* [DESCRIPTION OF THE TASK]: Retype every line below precisely as it appears.
● ● ● ●
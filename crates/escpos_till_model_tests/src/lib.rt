//! The tests of the simulated till, and of a till's line to a printer in memory.
//!
//! A test makes a till and lends it to checks that own nothing: each way out of a function drops what it owns.
//!
//! `model` is of a till in the world where everything may fail, `wire_line` of a till that is driven over a line in memory; `memory`
//! lets each allocation of a call fail in turn. What they share is in `support`.
#![tactic(auto)]

#[cfg(test)]
mod memory;
#[cfg(test)]
mod model;
#[cfg(test)]
mod support;
#[cfg(test)]
mod wire_line;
● ● ● ●
* [SOLUTION]:
filename crates/escpos_till_model_tests/src/lib.rt
//! The tests of the simulated till, and of a till's line to a printer in memory.
//!
//! A test makes a till and lends it to checks that own nothing: each way out of a function drops what it owns.
//!
//! `model` is of a till in the world where everything may fail, `wire_line` of a till that is driven over a line in memory; `memory`
//! lets each allocation of a call fail in turn. What they share is in `support`.
#![tactic(auto)]

#[cfg(test)]
mod memory;
#[cfg(test)]
mod model;
#[cfg(test)]
mod support;
#[cfg(test)]
mod wire_line;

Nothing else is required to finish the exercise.